My apologies in advance if this is located wrong, as it is my first post. I don't have much time for forums these days, but am an avid reader of the Penny Arcade comic. Like much of the gaming news I get the news that there was even a debate on the options provided by DA2 came to me from the comic. As a bisexual gamer I thought I might chime in.
I tackled the game as a male character mainly because I never do. I am prone to playing females, so I wanted a different perspective this time. I also tackled the game with the full intention of choosing the female, elf romance option. Yet, as the game progressed and I did my best to be virtuous and caring to all, and do what was right as often as I could, I found myself scorned by said elf and instead embraced by another of my party who always seemed to approve of my kindness. In short Anders was the one to accept and embrace my character as who and what he was. In the end I chose to actually go with Anders as the romance option.
The game itself gives you the option to be friends with any character and not go further. By choosing romance you choose to accept that characters desires, and their "feelings". If a character feels scorned by rebuking their advance, an advance you as a character choose to indicate is welcome, then that is the right of a character and the writer behind it. It also speaks ill for the homosexual gamer who made this complain, as the complaint he makes is not limited by sexuality nor gender in the game. If you spurn the advances of a female character as a male, you get the same reaction. It shows a certain small world view and gives a bad name to homosexual and bisexual gamers to cry "bigot" while ignoring the perspective of other gamers of differant sexualities.
The truth? In the end the fact that I ended up with Anders weaves a powerful tale the likes of which we usually don't get to enjoy in a game.
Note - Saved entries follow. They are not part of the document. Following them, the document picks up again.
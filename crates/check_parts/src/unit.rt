ghost use Rattle.std.specs.Prelude.{◌≡◌, ◌+◌, ◌<◌, ◌≤◌, All, length, IfOk, OnOk};
ghost use Rattle.std.specs.Option.{ForSome};
ghost use Rattle.im_column.specs.Forms.{IsShort};
ghost use Rattle.im_unit.specs.Holding.{AreShort, HaveWidth};
ghost use Rattle.im_unit.specs.Rebuilt.{RiseWithin, fetched_rows};
ghost use Rattle.check_parts.specs.Fetching.{AreFetched};

use crate::column::shape_of;
use im_column::Column;
use im_history::{LentRow, UnitLike, wide_values};
use im_unit::ColumnUnit;
use im_values::{Name, NoMemory, Row, Seen, Value};
use std::alloc::Global;
use std::test::Fail;

/// A row of one number, or none.
fn row(alloc: Global, number: Option<i64>) -> Result<Option<Row>, Fail>
    ensures width { IfOk result (λ row. ForSome row (λ values. length values ≡ 1)) }
    ensures short { IfOk result (λ row. ForSome row (λ values. All IsShort values)) }
{
    match number {
        Some(number) => {
            let mut values = Vec::new(alloc);
            values.push(Value::int(number))?;
            Ok(Some(Row::of(values)))
        }
        None => Ok(None),
    }
}

/// The number of a row of one.
fn number(row: &Option<Row>) -> Option<i64> {
    match row.as_ref()?.values().first()?.seen() {
        Seen::Int(number) => Some(number),
        _ => None,
    }
}

#[test]
fn a_unit_has_each_row_at_its_row_number(rt: HostRuntime) -> Result<(), Fail> {
    let alloc = rt.alloc();
    let rows = vec![in alloc;
        row(alloc, Some(7))?,
        row(alloc, None)?,
        row(alloc, Some(-3))?,
    ]?;
    let unit = ColumnUnit::build(alloc, 5, 64, 1, rows.as_slice())?;
    assert!(rt; unit.scn() == 5 && unit.first() == 64 && unit.columns().len() == 1);
    assert!(rt; unit.present() == 2 && unit.rows(alloc)?.len() == 3);
    assert!(rt; unit.column(0).len() == 2 && unit.bytes() == 26);
    for (rid, wanted) in [
        (63, None),
        (64, Some(7)),
        (65, None),
        (66, Some(-3)),
        (67, None),
    ] {
        assert!(rt; number(&unit.get(alloc, rid)?) == wanted);
    }
    Ok(())
}

/// How many row numbers the extent of a mixed table has.
const EXTENT: u64 = 200;

/// A value of a mixed table: a number, a text or NULL.
fn mixed(alloc: Global, number: u64) -> Result<Value, NoMemory>
    ensures { IfOk result IsShort }
{
    match number % 5 {
        0 => Ok(Value::null()),
        1 => Ok(Value::text(Name::of(alloc, b"a text of more than 14 bytes")?)),
        2 => Ok(Value::text(Name::of(alloc, &number.to_be_bytes())?)),
        _ => Ok(Value::int((number % 1000) as i64)),
    }
}

/// A row of a mixed table, or none at each seventh row number.
fn mixed_row(alloc: Global, place: u64) -> Result<Option<Row>, NoMemory>
    ensures width { IfOk result (λ row. ForSome row (λ values. length values ≡ 3)) }
    ensures short { IfOk result (λ row. ForSome row (λ values. All IsShort values)) }
{
    if place % 7 == 3 {
        return Ok(None);
    }
    let mut values = Vec::new(alloc);
    values.push(mixed(alloc, place / 40)?)?;
    values.push(mixed(alloc, place.wrapping_mul(37) % 11)?)?;
    values.push(mixed(alloc, place.wrapping_mul(997))?)?;
    Ok(Some(Row::of(values)))
}

/// The rows of an extent of a mixed table.
fn mixed_rows(alloc: Global) -> Result<Vec<Option<Row>>, NoMemory>
    ensures width { IfOk result (λ rows. HaveWidth 3 rows.items) }
    ensures short { IfOk result (λ rows. AreShort rows.items) }
    ensures few { IfOk result (λ rows. length rows.items ≤ EXTENT) }
{
    let mut rows = Vec::new(alloc);
    for place in 0..EXTENT {
        rows.push(mixed_row(alloc, place)?)?;
    }
    Ok(rows)
}

/// Whether both are no row, or rows of the same values.
fn is_same(a: &Option<Row>, b: &Option<Row>) -> bool {
    match (a, b) {
        (Some(a), Some(b)) => a.values() == b.values(),
        (None, None) => true,
        _ => false,
    }
}

#[test]
fn a_unit_gives_back_the_rows_of_a_mixed_table(rt: HostRuntime) -> Result<(), Fail> {
    let alloc = rt.alloc();
    let rows = mixed_rows(alloc)?;
    let unit = ColumnUnit::build(alloc, 9, 1000, 3, rows.as_slice())?;
    let back = unit.rows(alloc)?;
    assert!(rt; rows.len() == 200 && back.len() == 200 && unit.present() == 171);
    for (place, (row, again)) in rows.iter().zip(back.iter()).enumerate() {
        assert!(rt; is_same(row, again), "place {place}");
        let read = unit.get(alloc, 1000 + place as u64)?;
        assert!(rt; is_same(row, &read), "place {place}");
    }
    Ok(())
}

/// A row of the same table behind changes: where a step divides its place, the row of another place, or none, and else the old one.
fn changed_row(alloc: Global, place: u64, step: u64, shift: u64) -> Result<Option<Row>, NoMemory>
    ensures width { IfOk result (λ row. ForSome row (λ values. length values ≡ 3)) }
    ensures short { IfOk result (λ row. ForSome row (λ values. All IsShort values)) }
{
    if is_changed(place, step) {
        mixed_row(alloc, place.wrapping_add(shift))
    } else {
        mixed_row(alloc, place)
    }
}

/// Whether a row number is among those that were changed.
fn is_changed(place: u64, step: u64) -> bool {
    step != 0 && place % step == 0
}

/// The rows of the extent behind changes.
fn changed_rows(alloc: Global, step: u64, shift: u64) -> Result<Vec<Option<Row>>, NoMemory>
    ensures width { IfOk result (λ rows. HaveWidth 3 rows.items) }
    ensures short { IfOk result (λ rows. AreShort rows.items) }
    ensures many { IfOk result (λ rows. length rows.items ≡ EXTENT) }
{
    let mut rows = Vec::new(alloc);
    for place in 0..EXTENT {
        rows.push(changed_row(alloc, place, step, shift)?)?;
    }
    Ok(rows)
}

/// Puts a row that was fetched behind others, where its row number was changed.
fn put_changed<'a>(
    fetched: &mut Vec<LentRow<'a>>,
    place: u64,
    step: u64,
    row: &'a Option<Row>,
) -> Result<(), NoMemory>
    requires place { place < EXTENT }
    requires width { ForSome row.now (λ values. length values ≡ 3) }
    requires short { ForSome row.now (λ values. All IsShort values) }
    requires before { AreFetched fetched.old.items place }
    ensures { OnOk result (AreFetched fetched.new.items (place + 1)) }
{
    if is_changed(place, step) {
        fetched.push((1000 + place, wide_values(row, &[])))?;
    }
    Ok(())
}

/// What was fetched of the row numbers that were changed.
fn fetched_of(alloc: Global, step: u64, rows: &[Option<Row>]) -> Result<Vec<LentRow<'_>>, NoMemory>
    requires width { HaveWidth 3 rows.now }
    requires short { AreShort rows.now }
    requires many { length rows.now ≡ EXTENT }
    ensures { IfOk result (λ fetched. AreFetched fetched.items EXTENT) }
{
    let mut fetched = Vec::new(alloc);
    for i in 0..rows.len() {
        put_changed(&mut fetched, i as u64, step, &rows[i])?;
    }
    Ok(fetched)
}

/// Whether two columns are kept in one form, and take as many bytes.
fn is_kept_as(a: &Column, b: &Column) -> bool {
    shape_of(a) == shape_of(b) && a.bytes() == b.bytes() && a.sum() == b.sum() && a.len() == b.len()
}

/// A step, and how far away the row stands that comes to each place that it divides: none is changed, a row stays as it is, rows are
/// deleted, come back, and change few and all columns.
const CHANGES: [(u64, u64); 12] = [
    (0, 0),
    (1, 0),
    (1, 1),
    (1, 77),
    (2, 5),
    (3, 40),
    (5, 200),
    (7, 3),
    (7, 7),
    (7, 385),
    (64, 1),
    (199, 11),
];

#[test]
fn a_unit_built_anew_is_the_one_built_of_its_rows(rt: HostRuntime) -> Result<(), Fail> {
    let alloc = rt.alloc();
    let rows = changed_rows(alloc, 0, 0)?;
    let old = ColumnUnit::build(alloc, 9, 1000, 3, rows.as_slice())?;
    for (step, shift) in CHANGES {
        let rows = changed_rows(alloc, step, shift)?;
        let built = ColumnUnit::build(alloc, 12, 1000, 3, rows.as_slice())?;
        let fetched = fetched_of(alloc, step, rows.as_slice())?;
        let unit = ColumnUnit::rebuild(alloc, &old, 12, fetched.as_slice())?;
        assert!(rt; is_built_as(alloc, &unit, &built)?, "{step} {shift}");
    }
    Ok(())
}

/// Whether two units have the same rows, in columns of the same forms.
fn is_built_as(alloc: Global, a: &ColumnUnit, b: &ColumnUnit) -> Result<bool, NoMemory> {
    if a.scn() != b.scn() || a.first() != b.first() || a.present() != b.present() {
        return Ok(false);
    }
    if a.bytes() != b.bytes() || a.columns().len() != b.columns().len() {
        return Ok(false);
    }
    for (one, other) in a.columns().iter().zip(b.columns().iter()) {
        if !is_kept_as(one, other) {
            return Ok(false);
        }
    }
    let ours = a.rows(alloc)?;
    let theirs = b.rows(alloc)?;
    for (one, other) in ours.iter().zip(theirs.iter()) {
        if !is_same(one, other) {
            return Ok(false);
        }
    }
    Ok(ours.len() == theirs.len())
}
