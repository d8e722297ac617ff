ghost use Rattle.std.specs.Prelude.{◌≡◌, ◌^◌, ◌<◌, All, IfOk, OnOk};
ghost use Rattle.im_column.specs.Forms.{IsShort};

use im_values::{Name, NoMemory, Value};
use std::alloc::Global;

#[derive(Clone, Copy)]
pub enum Cell {
    Null,
    Int(i64),
    Text(&'static [u8]),
}

/// The value of a cell. A text is cut behind 65,535 bytes.
fn value(alloc: Global, cell: Cell) -> Result<Value, NoMemory>
    ensures { IfOk result IsShort }
{
    match cell {
        Cell::Null => Ok(Value::null()),
        Cell::Int(number) => Ok(Value::int(number)),
        Cell::Text(bytes) => text(alloc, bytes),
    }
}

/// The value of a text, cut likewise.
pub fn text(alloc: Global, bytes: &[u8]) -> Result<Value, NoMemory>
    ensures { IfOk result IsShort }
{
    let kept = &bytes[..bytes.len().min(65_535)];
    Ok(Value::text(Name::of(alloc, kept)?))
}

/// Puts the value of a cell behind others, so many times.
fn put(alloc: Global, values: &mut Vec<Value>, cell: Cell, times: u32) -> Result<(), NoMemory>
    requires { All IsShort values.old.items }
    ensures { OnOk result (All IsShort values.new.items) }
{
    for _ in 0..times {
        values.push(value(alloc, cell)?)?;
    }
    Ok(())
}

/// The values of cells, each so many times.
pub fn values_of(alloc: Global, cells: &[(Cell, u32)]) -> Result<Vec<Value>, NoMemory>
    ensures { IfOk result (λ values. All IsShort values.items) }
{
    let mut values = Vec::new(alloc);
    for (cell, times) in cells {
        put(alloc, &mut values, *cell, *times)?;
    }
    Ok(values)
}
Simply put... you get to find or be "found" by someone who accepts "you" for who you are. I was forced to give up the notions I had had, and chose the person that was right for my character, regardless of gender or sexuality. That is progress in a game that even our society hasn't equalled. It saddens me that instead of thanking the writer, people have chosen to scorn him. He changed the game, not just mechanics but how we look at story and character development. We are just so busy worrying about what goes in and out of what that we haven't taken a moment to realize it yet.